On January 6, the Department of Commerce’s rule, restricting American companies that create Artificial Intelligence (AI) software for satellite image analysis from exporting their products to China and other countries, takes effect. The new rule affects emerging technology that could be advantageous to the United States military or intelligence community.
The new restrictions would require a special license to sell software outside of the United States if it can “automatically scan aerial images to identify objects of interest, such as vehicles or houses.” This portion of the tech industry uses “algorithms to analyze satellite images of crops, trade patterns and other changes affecting the economy or environment.” The new rule will impact the use of artificial intelligence to detect and identify objects from planes, drones, and satellites, both for government or civilian purposes. The restriction applies to all countries except Canada, however, a goal of the restriction is to prevent China from obtaining this technology for its AI surveillance.
This is a temporary restriction until the public weighs in before March. Due to imminent national security concerns, the Commerce Department wanted the restriction effective immediately. The export restriction is a result of a 2018 law which “updated national security-related export controls to protect ‘emerging and foundational’ technology that could end up in the hands of foreign governments.” The law “tasked [the Commerce Department] with writing rules to boost oversight of exports of sensitive technology to adversaries like China, for economic and security reasons.” Another aspect of the law prohibited the US government from purchasing equipment from Huawei.

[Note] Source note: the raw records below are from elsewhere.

//! Laws of the definitions in `specs/`, for callers to cite. The functions do nothing.
ghost use Rattle.cap_narrow_worlds.specs.Laws.{TwoResourcesAreKept, ProposalsAreOfTwoResources};

use cap_world::proposals_are_of_copies;

/// Where a cluster opens with nothing of the third resource, no connection hears a request of version 2, and no Refresh has settings
/// that raise an ask to any GPU, all that happens is what happens with two resources: the events are the same run, and each connection
/// is answered the same bytes.
pub fn two_resources_are_kept()
    ensures { TwoResourcesAreKept }
{}

/// And each worker makes the same proposals.
pub fn proposals_are_of_two_resources()
    ensures { ProposalsAreOfTwoResources }
{
    proposals_are_of_copies();
}
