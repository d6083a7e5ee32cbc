//! What connections are answered where nobody speaks of the third resource: what they would be with two.
//! There is no code here: a function does nothing, and its contract is a law, which stands in `specs/`.
#![tactic(auto)]

pub mod laws;
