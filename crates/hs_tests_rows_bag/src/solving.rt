//! Reductions and their solutions.

ghost use Rattle.std.specs.Prelude.{◌≡◌, ◌≤◌, ◌<◌, ◌^◌, [], false, IfOk, IfSome};
ghost use Rattle.hs_pure.specs.Eval.{stack_of};
ghost use Rattle.hs_pure.specs.Occurs.{top_of, has_bags};
ghost use Rattle.hs_pure.specs.Sums.{IsOrdered};
ghost use Rattle.hs_pure.specs.Truth.{TrueAt};
ghost use Rattle.hs_pure.specs.declared.pure.Pure.TheVariants.{Or};
ghost use Rattle.hs_equations.specs.Finding.{IfRefuted, IsCounter};
ghost use Rattle.hs_bag.specs.Promise.{IsReduction};

use hs_bag::{BagError, Reduced, reduce};
use hs_cooper::Stop;
use hs_equations::{Finding, examine};
use hs_plain::solution;
use hs_pure::{NoMemory, Pure, Valuation};
use hs_tests_formulas::NoRow;
use sqlite_items::{Boxed, Items};
use std::alloc::Global;

// The most atoms of a stage, and steps with rows of equations.
const MOST: u64 = 200_000;

/// A number above all of the formula.
pub fn fresh(f: &Pure) -> Result<u32, NoRow>
    ensures above { IfOk result (λ n. top_of f.now < n) }
    ensures low { IfOk result (λ n. n ≤ 2 ^ 31) }
{
    let top = f.top();
    if top < 1 << 31 {
        Ok(top + 1)
    } else {
        Err(NoRow)
    }
}

/// The copy of a reduction.
pub fn reduction(alloc: Global, f: &Pure, fresh: u32) -> Result<Boxed<Reduced>, BagError>
    requires ordered { IsOrdered f.now }
    requires above { top_of f.now < fresh }
    requires low { fresh ≤ 2 ^ 31 }
    ensures { IfOk result (IsReduction f.now fresh) }
{
    let reduced = Boxed::new(alloc, reduce(alloc, f, fresh)?)?;
    let copy = reduced.get().copy(alloc)?;
    Ok(Boxed::new(alloc, copy)?)
}

// What is false.
fn falsehood(alloc: Global) -> Result<Boxed<Pure>, NoMemory>
    ensures { IfOk result (λ p. p ≡ Or []) }
{
    Ok(Boxed::new(alloc, Pure::Or(Items::new(alloc)))?)
}

// What rows of equations find.
fn examined(alloc: Global, f: &Pure) -> Result<Finding, NoMemory>
    requires no_bags { has_bags f.now ≡ false }
    requires ordered { IsOrdered f.now }
    ensures { IfOk result (λ r. IfRefuted r (IsCounter f.now (Or []))) }
{
    let never = falsehood(alloc)?;
    examine(alloc, f, never.get(), MOST)
}

/// Values that make a formula without bags true, if there are any.
pub fn solved(alloc: Global, f: &Pure) -> Result<Option<Valuation>, Stop>
    requires no_bags { has_bags f.now ≡ false }
    requires ordered { IsOrdered f.now }
    ensures { IfOk result (λ o. IfSome o (λ v. TrueAt (stack_of v) f.now)) }
{
    match examined(alloc, f) {
        Ok(Finding::Refuted(v)) => Ok(Some(v)),
        Ok(Finding::Implied) => Ok(None),
        Ok(Finding::Open) => solution(alloc, f, MOST),
        Err(NoMemory) => Err(Stop::Memory),
    }
}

The new rule came a few months after the US government prohibited American companies from trading with Chinese AI surveillance companies and camera manufacturers. The previous barring was to prevent US companies from supplying this technology for surveying the Uighur population over human rights concerns.
China spends a significant amount of money on surveillance technology and AI, which has led to major growth in the industry in China. China does not have the same restrictions and regulations as other countries, which is a major complaint and concern for the US government. However, “America’s global technology players inadvertently feed into that industry with the complex sets of relationships between U.S. commercial players and China has prompted serious concerns from U.S. lawmakers.” This has left US lawmakers uneasy and pushing to regulate China and American companies in relation to China.